[Stored records]
Segment Open

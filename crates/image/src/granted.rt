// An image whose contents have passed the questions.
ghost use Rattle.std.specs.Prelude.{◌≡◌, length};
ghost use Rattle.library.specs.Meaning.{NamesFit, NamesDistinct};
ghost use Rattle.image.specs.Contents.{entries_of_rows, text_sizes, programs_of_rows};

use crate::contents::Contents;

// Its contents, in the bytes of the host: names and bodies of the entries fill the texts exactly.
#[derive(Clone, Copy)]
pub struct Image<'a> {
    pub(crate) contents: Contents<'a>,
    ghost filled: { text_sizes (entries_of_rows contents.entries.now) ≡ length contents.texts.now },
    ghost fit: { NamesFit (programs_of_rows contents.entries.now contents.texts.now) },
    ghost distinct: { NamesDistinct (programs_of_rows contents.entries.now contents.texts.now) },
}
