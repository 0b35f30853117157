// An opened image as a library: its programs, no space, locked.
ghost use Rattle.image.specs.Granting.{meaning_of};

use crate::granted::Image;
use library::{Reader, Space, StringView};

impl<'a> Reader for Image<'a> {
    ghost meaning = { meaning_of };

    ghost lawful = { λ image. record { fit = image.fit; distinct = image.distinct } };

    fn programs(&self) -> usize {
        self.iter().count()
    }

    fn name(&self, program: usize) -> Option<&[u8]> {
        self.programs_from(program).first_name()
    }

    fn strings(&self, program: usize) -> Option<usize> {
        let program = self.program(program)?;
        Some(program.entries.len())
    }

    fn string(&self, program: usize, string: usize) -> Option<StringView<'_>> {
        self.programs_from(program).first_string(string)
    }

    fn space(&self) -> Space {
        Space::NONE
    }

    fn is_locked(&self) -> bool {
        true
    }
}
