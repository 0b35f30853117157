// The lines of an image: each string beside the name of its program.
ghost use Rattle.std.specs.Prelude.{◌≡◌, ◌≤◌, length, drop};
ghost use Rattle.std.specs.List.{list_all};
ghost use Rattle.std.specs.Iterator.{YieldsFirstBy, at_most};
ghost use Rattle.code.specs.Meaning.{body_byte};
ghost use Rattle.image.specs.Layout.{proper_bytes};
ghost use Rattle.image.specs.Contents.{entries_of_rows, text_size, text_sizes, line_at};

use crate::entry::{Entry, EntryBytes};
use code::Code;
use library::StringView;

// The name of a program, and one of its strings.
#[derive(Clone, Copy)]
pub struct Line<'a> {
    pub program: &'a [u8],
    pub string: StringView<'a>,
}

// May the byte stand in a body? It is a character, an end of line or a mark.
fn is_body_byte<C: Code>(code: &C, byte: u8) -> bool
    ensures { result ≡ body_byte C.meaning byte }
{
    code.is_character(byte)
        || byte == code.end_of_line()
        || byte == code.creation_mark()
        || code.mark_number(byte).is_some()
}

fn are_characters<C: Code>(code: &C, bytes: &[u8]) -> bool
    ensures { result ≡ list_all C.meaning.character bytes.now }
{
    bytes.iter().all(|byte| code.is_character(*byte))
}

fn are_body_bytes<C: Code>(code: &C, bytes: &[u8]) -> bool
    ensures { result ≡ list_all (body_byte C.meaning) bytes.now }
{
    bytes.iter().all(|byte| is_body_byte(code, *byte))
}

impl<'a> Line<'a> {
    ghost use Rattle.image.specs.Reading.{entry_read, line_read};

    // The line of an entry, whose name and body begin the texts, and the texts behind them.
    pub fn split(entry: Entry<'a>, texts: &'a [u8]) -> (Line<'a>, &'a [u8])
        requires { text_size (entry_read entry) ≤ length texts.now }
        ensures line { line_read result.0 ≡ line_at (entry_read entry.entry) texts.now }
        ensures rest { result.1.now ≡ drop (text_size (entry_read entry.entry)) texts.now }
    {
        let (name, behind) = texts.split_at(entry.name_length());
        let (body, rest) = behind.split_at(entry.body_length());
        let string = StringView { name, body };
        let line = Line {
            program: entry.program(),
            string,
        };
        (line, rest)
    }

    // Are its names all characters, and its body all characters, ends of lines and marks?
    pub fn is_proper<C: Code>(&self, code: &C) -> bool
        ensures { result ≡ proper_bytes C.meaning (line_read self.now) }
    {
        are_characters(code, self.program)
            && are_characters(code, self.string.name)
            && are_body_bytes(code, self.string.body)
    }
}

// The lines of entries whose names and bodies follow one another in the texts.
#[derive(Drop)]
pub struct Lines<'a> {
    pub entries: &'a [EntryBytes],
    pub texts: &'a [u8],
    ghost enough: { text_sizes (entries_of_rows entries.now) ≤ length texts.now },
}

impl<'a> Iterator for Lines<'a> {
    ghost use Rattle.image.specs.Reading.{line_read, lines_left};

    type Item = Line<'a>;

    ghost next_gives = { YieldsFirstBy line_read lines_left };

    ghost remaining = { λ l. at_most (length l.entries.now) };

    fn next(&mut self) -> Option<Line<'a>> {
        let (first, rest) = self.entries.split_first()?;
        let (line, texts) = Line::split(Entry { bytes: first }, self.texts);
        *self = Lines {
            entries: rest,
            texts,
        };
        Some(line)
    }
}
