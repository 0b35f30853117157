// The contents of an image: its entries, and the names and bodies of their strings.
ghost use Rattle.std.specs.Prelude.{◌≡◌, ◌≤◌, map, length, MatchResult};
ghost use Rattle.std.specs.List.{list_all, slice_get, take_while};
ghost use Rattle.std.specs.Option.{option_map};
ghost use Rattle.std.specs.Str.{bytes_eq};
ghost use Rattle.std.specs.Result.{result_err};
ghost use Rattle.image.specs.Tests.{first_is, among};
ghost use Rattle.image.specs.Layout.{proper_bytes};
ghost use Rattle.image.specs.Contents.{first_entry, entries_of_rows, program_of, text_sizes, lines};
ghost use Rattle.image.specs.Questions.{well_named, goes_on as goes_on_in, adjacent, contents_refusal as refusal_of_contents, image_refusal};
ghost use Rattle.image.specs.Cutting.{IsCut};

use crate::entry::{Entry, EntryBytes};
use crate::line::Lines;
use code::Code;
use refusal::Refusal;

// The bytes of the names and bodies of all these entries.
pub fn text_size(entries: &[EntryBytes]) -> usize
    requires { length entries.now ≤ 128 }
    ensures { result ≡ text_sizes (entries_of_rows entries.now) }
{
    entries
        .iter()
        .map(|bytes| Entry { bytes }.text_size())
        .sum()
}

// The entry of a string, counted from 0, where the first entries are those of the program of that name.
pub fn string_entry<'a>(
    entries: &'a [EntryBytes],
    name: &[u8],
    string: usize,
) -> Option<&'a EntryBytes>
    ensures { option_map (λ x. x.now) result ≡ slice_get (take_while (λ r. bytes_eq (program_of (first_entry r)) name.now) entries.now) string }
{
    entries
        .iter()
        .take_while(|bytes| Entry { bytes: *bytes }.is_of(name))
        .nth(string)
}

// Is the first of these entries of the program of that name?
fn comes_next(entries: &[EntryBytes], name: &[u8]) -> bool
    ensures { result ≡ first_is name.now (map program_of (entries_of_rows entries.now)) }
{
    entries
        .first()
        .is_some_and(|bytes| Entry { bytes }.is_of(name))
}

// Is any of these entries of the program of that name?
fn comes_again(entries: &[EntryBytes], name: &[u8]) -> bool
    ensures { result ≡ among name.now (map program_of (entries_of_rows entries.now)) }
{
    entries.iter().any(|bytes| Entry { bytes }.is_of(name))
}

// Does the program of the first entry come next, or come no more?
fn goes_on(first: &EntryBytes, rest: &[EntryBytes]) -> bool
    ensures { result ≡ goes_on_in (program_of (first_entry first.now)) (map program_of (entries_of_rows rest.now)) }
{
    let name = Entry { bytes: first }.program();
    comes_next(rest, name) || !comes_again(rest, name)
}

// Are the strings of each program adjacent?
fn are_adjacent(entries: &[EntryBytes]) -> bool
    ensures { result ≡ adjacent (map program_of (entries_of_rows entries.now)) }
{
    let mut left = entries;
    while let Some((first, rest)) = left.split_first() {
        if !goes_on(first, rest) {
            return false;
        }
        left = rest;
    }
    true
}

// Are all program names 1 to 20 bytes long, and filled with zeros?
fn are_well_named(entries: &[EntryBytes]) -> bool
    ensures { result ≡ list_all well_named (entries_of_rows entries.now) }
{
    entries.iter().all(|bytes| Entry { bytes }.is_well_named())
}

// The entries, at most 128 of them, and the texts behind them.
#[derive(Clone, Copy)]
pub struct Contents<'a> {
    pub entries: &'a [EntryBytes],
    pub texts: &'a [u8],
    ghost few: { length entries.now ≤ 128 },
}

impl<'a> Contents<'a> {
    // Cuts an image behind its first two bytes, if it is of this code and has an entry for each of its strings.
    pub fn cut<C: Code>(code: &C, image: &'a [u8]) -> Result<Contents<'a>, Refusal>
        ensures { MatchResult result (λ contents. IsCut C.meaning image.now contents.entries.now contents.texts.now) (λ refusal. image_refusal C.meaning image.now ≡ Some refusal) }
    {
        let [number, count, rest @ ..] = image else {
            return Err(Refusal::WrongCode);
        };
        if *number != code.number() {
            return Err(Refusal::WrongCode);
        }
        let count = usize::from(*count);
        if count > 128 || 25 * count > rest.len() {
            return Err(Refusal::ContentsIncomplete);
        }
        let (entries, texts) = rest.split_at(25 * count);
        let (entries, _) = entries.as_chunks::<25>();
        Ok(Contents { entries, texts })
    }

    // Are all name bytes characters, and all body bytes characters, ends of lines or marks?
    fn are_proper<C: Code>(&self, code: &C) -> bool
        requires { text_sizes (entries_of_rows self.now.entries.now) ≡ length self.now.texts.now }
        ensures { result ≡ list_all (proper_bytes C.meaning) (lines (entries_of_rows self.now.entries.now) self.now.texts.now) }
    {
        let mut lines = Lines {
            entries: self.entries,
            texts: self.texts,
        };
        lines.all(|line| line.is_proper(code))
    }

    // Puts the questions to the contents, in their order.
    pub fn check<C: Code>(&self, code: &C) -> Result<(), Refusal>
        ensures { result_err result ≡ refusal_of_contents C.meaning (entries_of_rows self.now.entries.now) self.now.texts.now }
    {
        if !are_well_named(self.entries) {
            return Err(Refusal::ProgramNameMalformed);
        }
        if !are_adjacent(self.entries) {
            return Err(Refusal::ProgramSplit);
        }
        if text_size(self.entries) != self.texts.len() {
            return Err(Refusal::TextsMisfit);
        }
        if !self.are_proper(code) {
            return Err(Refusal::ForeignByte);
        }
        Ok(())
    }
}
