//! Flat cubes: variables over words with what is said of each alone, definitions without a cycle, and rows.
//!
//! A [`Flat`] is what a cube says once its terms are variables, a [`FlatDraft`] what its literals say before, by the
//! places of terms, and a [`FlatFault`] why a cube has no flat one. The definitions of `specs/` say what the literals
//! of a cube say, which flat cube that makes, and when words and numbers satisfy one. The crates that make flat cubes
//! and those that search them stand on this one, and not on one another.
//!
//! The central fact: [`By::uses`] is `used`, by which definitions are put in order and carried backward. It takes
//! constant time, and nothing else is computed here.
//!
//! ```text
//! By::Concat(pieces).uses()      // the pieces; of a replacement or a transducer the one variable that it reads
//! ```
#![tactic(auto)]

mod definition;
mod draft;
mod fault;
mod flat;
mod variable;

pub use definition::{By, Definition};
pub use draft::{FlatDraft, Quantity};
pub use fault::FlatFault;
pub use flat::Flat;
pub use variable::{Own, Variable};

Segment Closed

Every line above that includes the word "whose" must appear in the answer.

// An image whose contents have passed the questions.
    // The line of an entry, whose name and body begin the texts, and the texts behind them.
// The lines of entries whose names and bodies follow one another in the texts.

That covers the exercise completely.